La troisième phase de l’activité médico-chirurgicale de prothèse totale de genou lancée par la Caisse nationale d’assurance maladie et de garantie sociale (CNAMGS), en collaboration avec l’hôpital Dijon s’est achevée le 10 mars à Owendo.15 patients ont été soignés au bout de 5 jours.

Les médecins intervenant sur un patient, le 10 mars au CHUO. © Gabonreview

 

Lancée le 5 mars au Centre hospitalier universitaire d’Owendo (CHUO), la troisième phase de l’activité médico-chirurgicale de prothèse totale de genou s’est achevée le 10 mars, sur une note de satisfaction générale.

En termes de bilan, 15 patients ont été soignés d’arthrose de genou. Grâce à l’expertise du Bertrand Bouxin, chirurgien orthopédiste venu de l’hôpital de Dijon en France, ces patients ont recouvré la fonctionnalité normale de genou en 5 jours. Une initiative louée par les patients.

«Je suis guéri et je remercie la CNAMGS pour cette initiative. C’est une douleur que je traine depuis 15 ans et aujourd’hui, je suis guéri. Je ne vais plus marcher avec la canne», s’est réjoui Norbert Gandza, l’un des patients.

Cette opération s’inscrit dans le cadre des caravanes médico-chirurgicales sur la prothèse totale de genou, lancée depuis avril 2016 par la CNAMGS. Elle consiste à opérer une arthroplastie de genou sur les patients. En d’autres termes, il s’agit de permettre aux patients dont le cartilage est détérioré de retrouver la fonctionnalité, grâce à l’installation des prothèses et d’implants.

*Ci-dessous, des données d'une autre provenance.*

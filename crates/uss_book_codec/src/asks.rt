// Requests as bytes.
ghost use Rattle.std.specs.Prelude.{◌≡◌, ◌++◌, ◌≤◌, length, All, OnOk};
ghost use Rattle.std.specs.List.{flat_map};
ghost use Rattle.uss_law_book.specs.Coding.{IsProposal, IsWish, IsAsk};
ghost use Rattle.uss_codec.specs.Spelling.{short_list};
ghost use Rattle.uss_codec.specs.Reading.{Gives, made_at, many_at, short_list_at};
ghost use Rattle.uss_book_codec.specs.Coding.{proposal, wish, ask};
ghost use Rattle.uss_book_codec.specs.Reading.{proposal_at, put_at, put_of, wish_at, ask_at};

use crate::values::{put_state, take_state};
use std::alloc::{AllocError, Global};
use uss_codec::{Coded, Unread, put_short_list, take_short_list};
use uss_event::{FlightAsk, Proposal, Proposals, Wish};
use uss_intent::Sequence;
use uss_vol4::Volume4;

fn put_proposal(value: &Proposal, out: &mut Vec<u8>) -> Result<(), AllocError>
    requires { IsProposal value.now }
    ensures { OnOk result (out.new.items ≡ out.old.items ++ proposal value.now) }
{
    put_short_list(value.volumes.as_slice(), out)?;
    put_short_list(value.off_nominal.as_slice(), out)
}

#[tactic(auto, unfolding(crate::specs::Reading::proposal_at))]
fn take_proposal(alloc: Global, bytes: &[u8]) -> Result<(Proposal, &[u8]), Unread>
    ensures { Gives (λ x. (x.0, x.1.now)) result (proposal_at bytes.now) }
{
    let (volumes, rest) = take_short_list::<Volume4>(alloc, bytes)?;
    let (off_nominal, rest) = take_short_list::<Volume4>(alloc, rest)?;
    Ok((
        Proposal {
            volumes: Sequence::from_vec(volumes),
            off_nominal: Sequence::from_vec(off_nominal),
        },
        rest,
    ))
}

fn put_each_proposal(values: &[Proposal], out: &mut Vec<u8>) -> Result<(), AllocError>
    requires { All IsProposal values.now }
    ensures { OnOk result (out.new.items ≡ out.old.items ++ flat_map proposal values.now) }
{
    for value in values {
        put_proposal(value, out)?;
    }
    Ok(())
}

fn take_each_proposal(
    alloc: Global,
    count: u8,
    bytes: &[u8],
) -> Result<(Vec<Proposal>, &[u8]), Unread>
    ensures { Gives (λ x. (x.0.items, x.1.now)) result (many_at proposal_at count bytes.now) }
{
    let mut items = Vec::new(alloc);
    let mut rest = bytes;
    for _ in 0..count {
        let (item, behind) = take_proposal(alloc, rest)?;
        items.push(item)?;
        rest = behind;
    }
    Ok((items, rest))
}

fn put_proposals(values: &Proposals, out: &mut Vec<u8>) -> Result<(), AllocError>
    requires few { length values.now ≤ 255 }
    requires each { All IsProposal values.now }
    ensures { OnOk result (out.new.items ≡ out.old.items ++ short_list proposal values.now) }
{
    (values.len() as u8).put(out)?;
    put_each_proposal(values.as_slice(), out)
}

#[tactic(auto, unfolding(uss_codec::specs::Reading::counted_at))]
fn take_proposals(alloc: Global, bytes: &[u8]) -> Result<(Proposals, &[u8]), Unread>
    ensures { Gives (λ x. (x.0, x.1.now)) result (short_list_at proposal_at bytes.now) }
{
    let (count, rest) = u8::take(alloc, bytes)?;
    let (items, rest) = take_each_proposal(alloc, count, rest)?;
    Ok((Sequence::from_vec(items), rest))
}

/// Writes what a request wants.
fn put_wish(value: &Wish, out: &mut Vec<u8>) -> Result<(), AllocError>
    requires { IsWish value.now }
    ensures { OnOk result (out.new.items ≡ out.old.items ++ wish value.now) }
{
    match value {
        Wish::Put {
            to,
            priority,
            rounds,
            proposals,
        } => {
            out.push(1)?;
            put_state(*to, out)?;
            priority.put(out)?;
            rounds.put(out)?;
            put_proposals(proposals, out)?;
            Ok(())
        }
        Wish::End => {
            out.push(2)?;
            Ok(())
        }
    }
}

#[tactic(auto, unfolding(crate::specs::Reading::put_at))]
fn take_put(alloc: Global, bytes: &[u8]) -> Result<(Wish, &[u8]), Unread>
    ensures { Gives (λ x. (x.0, x.1.now)) result (made_at put_of put_at bytes.now) }
{
    let (to, rest) = take_state(alloc, bytes)?;
    let (priority, rest) = u16::take(alloc, rest)?;
    let (rounds, rest) = u8::take(alloc, rest)?;
    let (proposals, rest) = take_proposals(alloc, rest)?;
    Ok((
        Wish::Put {
            to,
            priority,
            rounds,
            proposals,
        },
        rest,
    ))
}

#[tactic(auto, unfolding(crate::specs::Reading::wish_at))]
fn take_wish(alloc: Global, bytes: &[u8]) -> Result<(Wish, &[u8]), Unread>
    ensures { Gives (λ x. (x.0, x.1.now)) result (wish_at bytes.now) }
{
    match bytes {
        [1, rest @ ..] => take_put(alloc, rest),
        [2, rest @ ..] => Ok((Wish::End, rest)),
        _ => Err(Unread::Malformed),
    }
}

/// Writes a request.
pub(crate) fn put_ask(value: &FlightAsk, out: &mut Vec<u8>) -> Result<(), AllocError>
    requires { IsAsk value.now }
    ensures { OnOk result (out.new.items ≡ out.old.items ++ ask value.now) }
{
    value.flight.put(out)?;
    value.number.put(out)?;
    put_wish(&value.wish, out)
}

/// The request at the start, and the bytes after it.
#[tactic(auto, unfolding(crate::specs::Reading::ask_at))]
pub(crate) fn take_ask(alloc: Global, bytes: &[u8]) -> Result<(FlightAsk, &[u8]), Unread>
    ensures { Gives (λ x. (x.0, x.1.now)) result (ask_at bytes.now) }
{
    let (flight, rest) = u64::take(alloc, bytes)?;
    let (number, rest) = u64::take(alloc, rest)?;
    let (wish, rest) = take_wish(alloc, rest)?;
    Ok((
        FlightAsk {
            flight,
            number,
            wish,
        },
        rest,
    ))
}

Selon la directrice du CHUO, l’activité est d’autant plus importante qu’elle a permis aux techniciens gabonais d’exercer. «Sur 15 patients traités, 7 l’ont été par des médecins gabonais», a expliqué Elise Obame Eyang. «Toute chose qui augure un grand espoir pour les populations gabonaises», a-t-elle ajouté. Au terme de l’activité, plus de 42 patients ont été soulagés depuis le mois d’avril 2016.

L’objectif visé par la CNAMGS, en lançant cette activité, est de limiter le nombre d’évacuations sanitaires, opérer un transfert de technologies mais aussi de donner la possibilité aux patients issus des couches défavorisées de se soigner.